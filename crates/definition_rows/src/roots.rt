//! Root places: births, accesses and ends, and the bytes between them.

ghost use Rattle.std.specs.Prelude.{◌≡◌, [], ◌∷◌, ◌++◌, Some, None, is_some, true};
ghost use Rattle.pool_law.specs.declared.note.Did.TheVariants.{Birth, Set, Get, Touch, End};
ghost use Rattle.pool_law.specs.Roots.{laid_over, bytes_at};
ghost use Rattle.pool_law.specs.Histories.{place_after};
ghost use Rattle.definition_rows.specs.Notes.{root, least_region};
ghost use Rattle.definition_rows.specs.RootPlays.{after_birth, present_bytes};

/// A root is born at a vacant place, with the next generation and zeros.
pub fn births()
    ensures vacant { place_after 7 [] ≡ Some (record { generation = 0; present = None }) }
    ensures zeros { present_bytes (after_birth []) ≡ Some (0 ∷ 0 ∷ 0 ∷ 0 ∷ []) }
    ensures whole_region { is_some (place_after 7 (Birth (root 7 1 16) (least_region 1) ∷ []))
        ≡ true }
    ensures past_the_region { place_after 7 (Birth (root 7 1 17) (least_region 1) ∷ []) ≡ None }
    ensures second_first { place_after 7 (Birth (root 7 2 4) (least_region 1) ∷ []) ≡ None }
    ensures at_another_place { place_after 7 (Birth (root 6 1 4) (least_region 1) ∷ []) ≡ None }
    ensures while_present { after_birth (Birth (root 7 2 4) (least_region 2) ∷ []) ≡ None }
{}

/// An end names the root that is present, and the next birth has the next generation.
pub fn ends()
    ensures vacant { after_birth (End (root 7 1 4) ∷ [])
        ≡ Some (record { generation = 1; present = None }) }
    ensures of_another { after_birth (End (root 7 2 4) ∷ []) ≡ None }
    ensures twice { after_birth (End (root 7 1 4) ∷ End (root 7 1 4) ∷ []) ≡ None }
    ensures next { is_some
        (after_birth (End (root 7 1 4) ∷ Birth (root 7 2 8) (least_region 2) ∷ [])) ≡ true }
    ensures not_the_same { after_birth (End (root 7 1 4) ∷ Birth (root 7 1 4) (least_region 2) ∷ [])
        ≡ None }
    ensures zeros_again { present_bytes
        (after_birth (Set 0 (9 ∷ 9 ∷ []) ∷ End (root 7 1 4) ∷ Birth (root 7 2 3) (least_region 2)
        ∷ []))
        ≡ Some (0 ∷ 0 ∷ 0 ∷ []) }
{}

/// Bytes are laid over those that were there.
pub fn bytes_laid_over()
    ensures within { laid_over (0 ∷ 0 ∷ 0 ∷ 0 ∷ []) 1 (1 ∷ 2 ∷ []) ≡ 0 ∷ 1 ∷ 2 ∷ 0 ∷ [] }
    ensures all { laid_over (1 ∷ 2 ∷ []) 0 (3 ∷ 4 ∷ []) ≡ 3 ∷ 4 ∷ [] }
    ensures last { laid_over (1 ∷ 2 ∷ 3 ∷ []) 2 (9 ∷ []) ≡ 1 ∷ 2 ∷ 9 ∷ [] }
    ensures nothing { laid_over (1 ∷ 2 ∷ []) 2 [] ≡ 1 ∷ 2 ∷ [] }
    ensures found { bytes_at (0 ∷ 1 ∷ 2 ∷ 0 ∷ []) 1 2 ≡ 1 ∷ 2 ∷ [] }
    ensures one_over_another { present_bytes
        (after_birth (Set 0 (1 ∷ 2 ∷ 3 ∷ []) ∷ Set 2 (8 ∷ 9 ∷ []) ∷ []))
        ≡ Some (1 ∷ 2 ∷ 8 ∷ 9 ∷ []) }
{}

/// Accesses lie inside the capacity, and a get carries the bytes that are there.
pub fn accesses()
    ensures set_to_the_end { is_some (after_birth (Set 2 (1 ∷ 2 ∷ []) ∷ [])) ≡ true }
    ensures set_past_the_end { after_birth (Set 3 (1 ∷ 2 ∷ []) ∷ []) ≡ None }
    ensures get { is_some (after_birth (Set 1 (1 ∷ 2 ∷ []) ∷ Get 0 (0 ∷ 1 ∷ 2 ∷ []) ∷ [])) ≡ true }
    ensures get_of_other_bytes { after_birth (Set 1 (1 ∷ 2 ∷ []) ∷ Get 0 (0 ∷ 1 ∷ 3 ∷ []) ∷ [])
        ≡ None }
    // the region has 16 bytes, and the root 4
    ensures get_past_the_end { after_birth (Get 3 (0 ∷ 0 ∷ []) ∷ []) ≡ None }
    ensures get_nothing_at_the_end { is_some (after_birth (Get 4 [] ∷ [])) ≡ true }
    ensures touch { after_birth (Touch ∷ []) ≡ after_birth [] }
    ensures no_touch { place_after 7 (Touch ∷ []) ≡ None }
    ensures no_set { place_after 7 (Set 0 [] ∷ []) ≡ None }
    ensures no_get { after_birth (End (root 7 1 4) ∷ Get 0 [] ∷ []) ≡ None }
    ensures no_end { place_after 7 (End (root 7 1 4) ∷ []) ≡ None }
{}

◆ Exercise:
Check each line of the records above for the word "there", count the lines that have it, and give only the count.

◆ Expected output:
2